Our clinical statement includes tables for sequencing and copy number variants that include basic variant information (genomic coordinates, HGVS nomenclature, zygosity, allele frequencies, in silico predictions, OMIM phenotypes and classification of the variant). In addition, the statement includes detailed descriptions of the variant, gene and phenotype(s) including the role of the specific gene in human disease, the mutation profile, information about the gene’s variation in population cohorts and detailed information about related phenotypes. We also provide links to the references used, and mutation databases to help our customers further evaluate the reported findings if desired. The conclusion summarizes all of the existing information and provides our rationale for the classification of the variant.
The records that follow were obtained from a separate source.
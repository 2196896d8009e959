// The steps and the labels of moves.
ghost use Rattle.std.specs.Prelude.{◌≡◌, ℕ, ◌<◌, ◌≢◌, Some, IfSome};
ghost use Rattle.std.specs.Option.{option_map};
ghost use Rattle.scheme.specs.Models.{policy_of};
ghost use Rattle.scheme.specs.Sizes.{sizes_of};
ghost use Rattle.scheme.specs.Counts.{state_count};
ghost use Rattle.enforcement.specs.Coded.{enforced_pair};
ghost use Rattle.record.specs.States.{number, state_from};
ghost use Rattle.record.specs.Numberings.{pair_at};
ghost use Rattle.record.specs.Moves.{move_of, IsMove};
ghost use Rattle.record.specs.Systems.{object_count, policy_at, state_after, step_of, label_of};
ghost use Rattle.record.specs.Relation.{Steps};
ghost use Rattle.record.specs.Schemes.{scheme_of};
ghost use Rattle.record.specs.Uses.{sizes_in, policy_in};

use super::Scheme;
use super::uses::Use;
use crate::moves::Move;
use enforcement::{Pair, enforce};
use protection::Permission;
use scheme::entries::Policy;

impl<'a> Use<'a> {
    fn policy(&self) -> &'a Policy
        ensures { policy_of result.now ≡ policy_in self.now }
    {
        &self.scheme.draft.policies()[self.mv.policy as usize]
    }

    // The codes of the subject and the object in a state.
    fn codes_in(&self, state: u32) -> Pair
        ensures { result ≡ pair_at (sizes_in self.now) state self.now.mv.subject self.now.mv.object }
    {
        let numbering = &self.scheme.numbering;
        Pair {
            subject: numbering.code_at(state, self.mv.subject),
            object: numbering.code_at(state, self.mv.object),
        }
    }

    // What the policy makes of two codes.
    fn enforce(&self, before: Pair) -> Option<Pair>
        ensures { result ≡ enforced_pair (sizes_in self.now) (policy_in self.now).predicates (policy_in self.now).actions before }
    {
        let policy = self.policy();
        enforce(
            self.scheme.numbering.codes(),
            policy.predicates.as_slice(),
            policy.actions.as_slice(),
            before,
        )
    }

    // The state after a move of two different objects; none where its policy cannot be enforced. The
    // two objects concerned are read and replaced in the state's number.
    fn apply(&self, state: u32) -> Option<u32>
        requires state { state < state_count (scheme_of self.now.scheme.now) }
        requires apart { self.now.mv.subject ≢ self.now.mv.object }
        ensures { result ≡ option_map (number (sizes_of (scheme_of self.now.scheme.now))) (state_after (scheme_of self.now.scheme.now) self.now.mv (state_from (sizes_of (scheme_of self.now.scheme.now)) (object_count (scheme_of self.now.scheme.now)) state)) }
    {
        let Move {
            subject,
            object,
            ..
        } = self.mv;
        let before = self.codes_in(state);
        let after = self.enforce(before)?;
        let numbering = &self.scheme.numbering;
        let half = numbering.exchange(state, subject, before.subject, after.subject);
        Some(numbering.exchange(half, object, before.object, after.object))
    }
}

impl Scheme {
    // The use that a move is; none where there is no such move.
    fn use_of(&self, mv: u32) -> Option<Use<'_>>
        ensures value { option_map (λ (u : Use). u.mv) result ≡ move_of (scheme_of self.now) mv }
        ensures here { IfSome result (λ (u : Use). u.scheme.now ≡ self.now) }
    {
        let entry = *self.moves.as_slice().get(mv as usize)?;
        Some(Use {
            scheme: self,
            mv: entry.unpacked(),
        })
    }

    fn next_state(&self, state: u32, mv: u32) -> Option<u32>
        ensures { result ≡ step_of (scheme_of self.now) state mv }
    {
        if state >= self.numbering.states() {
            return None;
        }
        let this_use = self.use_of(mv)?;
        if this_use.mv.subject == this_use.mv.object {
            return None;
        }
        this_use.apply(state)
    }

    // The state that a move leads to; none where there is no such state or move, or the move's policy
    // cannot be enforced in that state. `agrees`: there is a step exactly where enforcement succeeds,
    // and it leads to that state.
    pub fn step(&self, state: u32, mv: u32) -> Option<u32>
        ensures value { result ≡ step_of (scheme_of self.now) state mv }
        ensures agrees { Steps (scheme_of self.now) state mv result }
    {
        self.next_state(state, mv)
    }

    fn label_at(&self, mv: u32) -> Option<Permission>
        ensures { result ≡ label_of (scheme_of self.now) mv }
    {
        let this_use = self.use_of(mv)?;
        Some(Permission {
            subject: this_use.mv.subject,
            object: this_use.mv.object,
            right: this_use.policy().right,
        })
    }

    // The permission that a move is a use of. `numbered`: the move of a policy on a subject and an object is
    // labelled with these two and the policy's right.
    pub fn label(&self, mv: u32) -> Option<Permission>
        ensures value { result ≡ label_of (scheme_of self.now) mv }
        ensures numbered { (p s o : ℕ) → IsMove (scheme_of self.now) mv p s o → result ≡ Some (record { subject = s; object = o; right = (policy_at (scheme_of self.now) p).right }) }
    {
        self.label_at(mv)
    }
}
Identification of pathogenic or likely pathogenic variants in dominant disorders or their combinations in different alleles in recessive disorders are considered molecular confirmation of the clinical diagnosis. In these cases, family member testing can be used for risk stratification within the family. In the case of variants of uncertain significance (VUS), we do not recommend family member risk stratification based on the VUS result. Furthermore, in the case of VUS, we do not recommend the use of genetic information in patient management or genetic counselling.
Our Clinical interpretation team analyses millions of variants from thousands of individuals with rare diseases. Thus, our database, and our understanding of variants and related phenotypes, is growing by leaps and bounds. Our laboratories are therefore well positioned to re-classify previously reported variants as new information becomes available. If a variant previously reported by GHC Genetics is re-classified, our laboratories will issue a follow-up statement to the original ordering health care provider at no additional cost.